TASK STATEMENT: Reproduce the data below line by line, from its first line to the line with "use std::sync::Wait;", both included, and nothing past that point.

TASK INPUT:

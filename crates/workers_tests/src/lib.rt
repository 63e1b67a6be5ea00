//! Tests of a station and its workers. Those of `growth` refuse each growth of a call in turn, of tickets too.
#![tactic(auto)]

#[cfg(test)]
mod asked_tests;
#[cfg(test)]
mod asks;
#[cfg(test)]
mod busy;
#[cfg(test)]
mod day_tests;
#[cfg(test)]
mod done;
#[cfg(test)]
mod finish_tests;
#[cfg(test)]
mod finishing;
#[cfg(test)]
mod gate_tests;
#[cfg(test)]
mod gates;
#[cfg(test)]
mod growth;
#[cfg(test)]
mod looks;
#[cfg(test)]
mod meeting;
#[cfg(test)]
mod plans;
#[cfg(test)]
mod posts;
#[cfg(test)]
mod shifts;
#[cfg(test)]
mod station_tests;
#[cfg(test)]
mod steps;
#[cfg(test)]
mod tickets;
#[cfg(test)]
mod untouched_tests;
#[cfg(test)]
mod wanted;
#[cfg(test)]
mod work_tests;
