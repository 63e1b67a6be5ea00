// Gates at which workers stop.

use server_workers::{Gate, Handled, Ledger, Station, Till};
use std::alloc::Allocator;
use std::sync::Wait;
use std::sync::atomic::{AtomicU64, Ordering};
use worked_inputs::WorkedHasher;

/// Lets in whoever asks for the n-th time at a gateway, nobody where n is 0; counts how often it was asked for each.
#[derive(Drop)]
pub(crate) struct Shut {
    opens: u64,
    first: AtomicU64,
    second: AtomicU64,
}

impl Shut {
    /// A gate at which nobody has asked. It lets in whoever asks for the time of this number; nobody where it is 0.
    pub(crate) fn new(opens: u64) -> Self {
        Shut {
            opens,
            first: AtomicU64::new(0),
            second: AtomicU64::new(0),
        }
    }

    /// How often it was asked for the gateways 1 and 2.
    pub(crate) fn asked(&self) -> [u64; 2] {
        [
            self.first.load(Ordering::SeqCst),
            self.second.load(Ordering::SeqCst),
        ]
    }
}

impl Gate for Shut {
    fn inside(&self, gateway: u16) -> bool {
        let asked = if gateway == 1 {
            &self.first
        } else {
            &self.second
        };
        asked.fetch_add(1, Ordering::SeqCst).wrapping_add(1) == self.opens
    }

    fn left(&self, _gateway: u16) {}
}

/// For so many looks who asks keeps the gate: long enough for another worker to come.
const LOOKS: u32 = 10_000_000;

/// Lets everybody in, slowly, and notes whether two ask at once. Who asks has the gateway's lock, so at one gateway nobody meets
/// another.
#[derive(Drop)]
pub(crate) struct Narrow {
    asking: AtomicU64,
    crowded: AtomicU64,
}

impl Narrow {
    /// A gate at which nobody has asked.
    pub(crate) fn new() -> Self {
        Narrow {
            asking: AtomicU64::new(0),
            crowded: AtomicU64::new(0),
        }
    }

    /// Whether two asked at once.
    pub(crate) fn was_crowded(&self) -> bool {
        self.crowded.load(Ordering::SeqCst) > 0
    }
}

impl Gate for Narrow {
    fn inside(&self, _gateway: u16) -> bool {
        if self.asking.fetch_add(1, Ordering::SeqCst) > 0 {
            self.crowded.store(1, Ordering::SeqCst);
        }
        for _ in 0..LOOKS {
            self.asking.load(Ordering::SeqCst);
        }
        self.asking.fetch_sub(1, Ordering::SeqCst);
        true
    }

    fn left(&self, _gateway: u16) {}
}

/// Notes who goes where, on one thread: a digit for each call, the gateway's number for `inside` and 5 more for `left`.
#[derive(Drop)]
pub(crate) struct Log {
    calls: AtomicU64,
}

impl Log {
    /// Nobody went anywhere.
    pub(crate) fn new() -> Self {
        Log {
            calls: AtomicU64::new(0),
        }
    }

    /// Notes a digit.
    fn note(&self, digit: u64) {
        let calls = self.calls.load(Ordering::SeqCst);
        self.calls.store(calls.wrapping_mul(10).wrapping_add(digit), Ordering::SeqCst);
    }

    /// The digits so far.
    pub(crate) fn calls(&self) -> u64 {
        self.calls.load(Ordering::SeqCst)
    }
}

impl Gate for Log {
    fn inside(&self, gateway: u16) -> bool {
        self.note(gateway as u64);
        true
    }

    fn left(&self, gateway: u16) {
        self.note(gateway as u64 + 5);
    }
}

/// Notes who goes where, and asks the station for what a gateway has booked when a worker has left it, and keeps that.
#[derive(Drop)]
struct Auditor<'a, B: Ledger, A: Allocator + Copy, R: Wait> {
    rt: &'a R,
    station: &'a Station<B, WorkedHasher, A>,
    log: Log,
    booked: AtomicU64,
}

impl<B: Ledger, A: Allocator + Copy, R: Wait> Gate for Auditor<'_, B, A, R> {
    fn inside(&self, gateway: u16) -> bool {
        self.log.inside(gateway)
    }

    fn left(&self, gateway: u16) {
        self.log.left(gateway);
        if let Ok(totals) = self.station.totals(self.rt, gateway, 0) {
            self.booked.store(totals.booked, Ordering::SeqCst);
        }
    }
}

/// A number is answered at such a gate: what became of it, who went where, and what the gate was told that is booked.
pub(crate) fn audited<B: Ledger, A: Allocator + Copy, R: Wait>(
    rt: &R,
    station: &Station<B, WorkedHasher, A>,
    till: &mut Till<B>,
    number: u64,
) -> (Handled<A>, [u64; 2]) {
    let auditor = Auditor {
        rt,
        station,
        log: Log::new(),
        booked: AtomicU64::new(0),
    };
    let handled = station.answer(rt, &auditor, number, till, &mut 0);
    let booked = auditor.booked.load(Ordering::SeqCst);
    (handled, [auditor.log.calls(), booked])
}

COMPLETED EXERCISE:
filename crates/workers_tests/src/lib.rt
repository 63e1b67a6be5ea00
//! Tests of a station and its workers. Those of `growth` refuse each growth of a call in turn, of tickets too.
#![tactic(auto)]

#[cfg(test)]
mod asked_tests;
#[cfg(test)]
mod asks;
#[cfg(test)]
mod busy;
#[cfg(test)]
mod day_tests;
#[cfg(test)]
mod done;
#[cfg(test)]
mod finish_tests;
#[cfg(test)]
mod finishing;
#[cfg(test)]
mod gate_tests;
#[cfg(test)]
mod gates;
#[cfg(test)]
mod growth;
#[cfg(test)]
mod looks;
#[cfg(test)]
mod meeting;
#[cfg(test)]
mod plans;
#[cfg(test)]
mod posts;
#[cfg(test)]
mod shifts;
#[cfg(test)]
mod station_tests;
#[cfg(test)]
mod steps;
#[cfg(test)]
mod tickets;
#[cfg(test)]
mod untouched_tests;
#[cfg(test)]
mod wanted;
#[cfg(test)]
mod work_tests;
repository 63e1b67a6be5ea00
// Gates at which workers stop.

use server_workers::{Gate, Handled, Ledger, Station, Till};
use std::alloc::Allocator;
use std::sync::Wait;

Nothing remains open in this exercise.